- Release poster
- Directed by: Jordan VanDina
- Written by: Jordan VanDina
- Produced by: Jeremy Garelick Will Phelps Ryan Bennett Molle DeBartolo
- Starring: Dexter Darden Eduardo Franco
- Production company: American High
- Distributed by: Hulu
- Release date: December 9, 2022;
- Running time: 98 minutes
- Country: United States
- Language: English

= It's a Wonderful Binge =

It's a Wonderful Binge (formerly titled The Binge 2: It's a Wonderful Binge) is a 2022 American comedy film and a Christmas-themed sequel to the 2020 film The Binge. Written and directed by Jordan VanDina, the film stars Dexter Darden and Eduardo Franco. The film was released on December 9, 2022 on Hulu.
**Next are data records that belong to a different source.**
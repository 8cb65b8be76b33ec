//! Derived steps that the propagator leaves out for now, and the choice of them.

ghost use Rattle.std.specs.Prelude.{◌≡◌, ◌⊎◌, ℕ, ◌<◌, length, slice_index_or, Contains, IfSome, MatchOption, Some};
ghost use Rattle.std.specs.Bool.{OnTrue, OnFalse};
ghost use Rattle.plain_lits.specs.declared.lit.Lit.{Lit};
ghost use Rattle.plain_lits.specs.Literals.{negation};
ghost use Rattle.hinted_log.specs.Logs.{IsStepOf};
ghost use Rattle.sleeping_clauses.specs.Steps.{clause_of, FalsifiesAll};
ghost use Rattle.sleeping_clauses.specs.declared.sleepers.Sleeper.{Sleeper};
ghost use Rattle.sleeping_clauses.specs.Sleeping.{AreSleepers, SleepsAs, HasNoSubsumingSleeper};

use hinted_log::{Log, StepKind};
use lists::Memory;
use plain_lits::{Lit, PackedLit, StepId, Trail, Value};
use std::alloc::Global;

/// A step that sleeps, and a literal of its clause.
#[derive(Clone, Copy)]
pub struct Sleeper {
    pub step: StepId,
    pub key: PackedLit,
}

/// The sleeper at an index.
pub fn sleeper_at(asleep: &[Sleeper], index: usize) -> Sleeper
    requires { index < length asleep.now }
    ensures { (d : Sleeper) → slice_index_or asleep.now index d ≡ result }
{
    asleep[index]
}

/// Whether all literals of a clause are false.
pub fn is_falsified(trail: &Trail, part: &[PackedLit]) -> bool
    ensures falsified { OnTrue result ((l : Lit) → Contains part.now l → Contains trail.now.lits (negation l)) }
    ensures free { OnFalse result ((l : Lit) × Contains part.now l × (Contains trail.now.lits (negation l) → ⊥)) }
{
    for packed in part {
        match trail.value(packed.lit()) {
            Value::False => {}
            _ => return false,
        }
    }
    true
}

/// Whether all literals of a sleeper's clause are false. Where its key isn't, the others are not looked at.
fn is_falsified_sleeper(log: &Log, trail: &Trail, sleeper: Sleeper) -> bool
    requires step { IsStepOf log.now.steps sleeper.step }
    requires key { Contains (clause_of log.now.steps sleeper.step) sleeper.key }
    ensures { OnFalse result ((l : Lit) × Contains (clause_of log.now.steps sleeper.step) l
        × (Contains trail.now.lits (negation l) → ⊥)) }
{
    match trail.value(sleeper.key.lit()) {
        Value::False => is_falsified(trail, log.clause(sleeper.step)),
        _ => false,
    }
}

/// The index of the first sleeper whose clause holds no literal beyond those that are false.
pub fn first_falsified_sleeper(
    log: &Log,
    asleep: &[Sleeper],
    trail: &Trail,
    clause: &[Lit],
) -> Option<usize>
    requires falsified { FalsifiesAll clause.now trail.now.lits }
    requires asleep { AreSleepers log.now.steps asleep.now }
    ensures { MatchOption result (HasNoSubsumingSleeper log.now.steps asleep.now clause.now)
        (λ index. index < length asleep.now) }
{
    for index in 0..asleep.len() {
        if is_falsified_sleeper(log, trail, sleeper_at(asleep, index)) {
            return Some(index);
        }
    }
    None
}

/// Counts how often each literal, by its code, stands in a clause.
fn count_lits(counts: &mut [u32], clause: &[PackedLit]) {
    for packed in clause {
        let code = packed.code();
        if code < counts.len() {
            counts[code] = counts[code].saturating_add(1);
        }
    }
}

/// How often a literal was counted.
fn count_of(counts: &[u32], packed: PackedLit) -> u32 {
    let code = packed.code();
    if code < counts.len() {
        return counts[code];
    }
    0
}

/// Of a literal that was found, if any, and a further one that which was counted less.
fn rarer(counts: &[u32], found: Option<PackedLit>, packed: PackedLit) -> Option<PackedLit>
    ensures { IfSome result (λ l. (l ≡ packed) ⊎ (found ≡ Some l)) }
{
    match found {
        Some(other) if count_of(counts, other) <= count_of(counts, packed) => Some(other),
        _ => Some(packed),
    }
}

/// The literal of a clause that was counted least.
fn rarest(counts: &[u32], clause: &[PackedLit]) -> Option<PackedLit>
    ensures { IfSome result (Contains clause.now) }
{
    let mut found = None;
    for packed in clause {
        found = rarer(counts, found, *packed);
    }
    found
}

/// A step as a sleeper, where it is derived and its clause isn't empty.
pub fn sleeper_of(log: &Log, counts: &[u32], step: StepId) -> Option<Sleeper>
    requires { IsStepOf log.now.steps step }
    ensures { IfSome result (SleepsAs log.now.steps step) }
{
    match log.kind(step) {
        StepKind::Derived => {
            let key = rarest(counts, log.clause(step))?;
            Some(Sleeper { step, key })
        }
        _ => None,
    }
}

/// How often each literal stands in the clauses of steps whose number of levels is at least a bar.
pub fn counts_of(
    alloc: Global,
    log: &Log,
    awake: &[StepId],
    levels: &[u32],
    bar: u32,
    vars: usize,
) -> Result<Vec<u32>, Memory>
    requires { (number : ℕ) → Contains awake.now number → IsStepOf log.now.steps number }
{
    let mut counts = vec![in alloc; 0; vars.saturating_mul(2)]?;
    for index in 0..awake.len() {
        if levels_at(levels, index) >= bar {
            count_lits(counts.as_mut_slice(), log.clause(awake[index]));
        }
    }
    Ok(counts)
}

/// The number of levels at an index, or none.
pub fn levels_at(levels: &[u32], index: usize) -> u32 {
    if index < levels.len() {
        return levels[index];
    }
    0
}

/// The number of levels from which on a clause sleeps, so that half of those with more than two do.
pub fn bar_of(alloc: Global, levels: &[u32]) -> Result<u32, Memory> {
    let mut many = Vec::new(alloc);
    for level in levels {
        if *level > 2 {
            many.push(*level)?;
        }
    }
    many.sort_unstable();
    if many.is_empty() {
        return Ok(u32::MAX);
    }
    Ok(many[many.len() / 2])
}
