pub(crate) struct Cdcl {
    pub(crate) alloc: Global,
    pub(crate) decisions: DecisionLoop,
    pub(crate) logged: LoggedClauses,
    pub(crate) learner: Learner,
    pub(crate) pending: Option<UnaddedClause>,
    pub(crate) front: Vec<Lit>,
    pub(crate) tired: u64,
    pub(crate) naps: u64,
}

// By hand, so that a drop is one call (docs/PROVING.md).
impl Drop for Cdcl {
    fn drop(self) {
        let Cdcl {
            alloc: _,
            decisions: _,
            logged: _,
            learner: _,
            pending: _,
            front: _,
            tired: _,
            naps: _,
        } = self;
    }
}

/// The greater of a level and the second one.
fn kept_level(level: usize) -> usize
    ensures positive { 1 < result }
    ensures kept { level ≤ result }
    ensures low { (n : ℕ) → 1 < n → n < result → n < level }
    ensures within { (n : ℕ) → 2 < n → level < n → result < n }
{
    if level <= 2 {
        return 2;
    }
    level
}

/// The number of levels of the clause that was learned last.
fn last_of(levels: &[u32]) -> u32 {
    match levels {
        [] => 0,
        [.., last] => *last,
    }
}

/// What the end of a search tells.
fn solved_of(alloc: Global, search: &Propagator, end: End) -> Result<Solved, Halt>
    ensures { Tells search.now.lits end result }
{
    match end {
        End::Satisfied => match Vec::from_slice(alloc, search.lits()) {
            Ok(lits) => Ok(Solved::Model(Items::from_vec(lits))),
            Err(_) => Err(Halt::Memory),
        },
        End::Refuted(step) => Ok(Solved::Core(step)),
        End::Stopped(halt) => Err(halt),
    }
}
Like its predecessor, the film received generally negative reviews from critics.

==Plot==
Five childhood friends must face the reality of adulthood as the annual "Binge Day" is suddenly switched over to Christmas Eve.

==Cast==
- Dexter Darden as Hags
- Eduardo Franco as Andrew
- Tim Meadows as Keegan
- Kaitlin Olson as Mayor Spengler
- Patty Guggenheim as Delray Donna
- Tony Cavalero as Pompano Mike
- Paul Scheer as Soup Anderson
- Karen Maruyama as Grandma
- Danny Trejo as Angel
- Nick Swardson as Uncle Kris
- Steve Little as Craig
- Zainne Saleh as Sarah
- Marta Piekarz as Kimmi
- Haley Grogan as Paula

==Production==
The film was shot in Syracuse, New York in February 2022.

==Release==
The film was released on Hulu on December 9, 2022.

==Reception==
The film has a 25% rating on Rotten Tomatoes based on 12 reviews.

Alex Maidy of JoBlo.com gave the film a negative review, calling it “a bad movie and an even worse comedy.”

Bill Goodykoontz of The Arizona Republic awarded the film two and a half stars.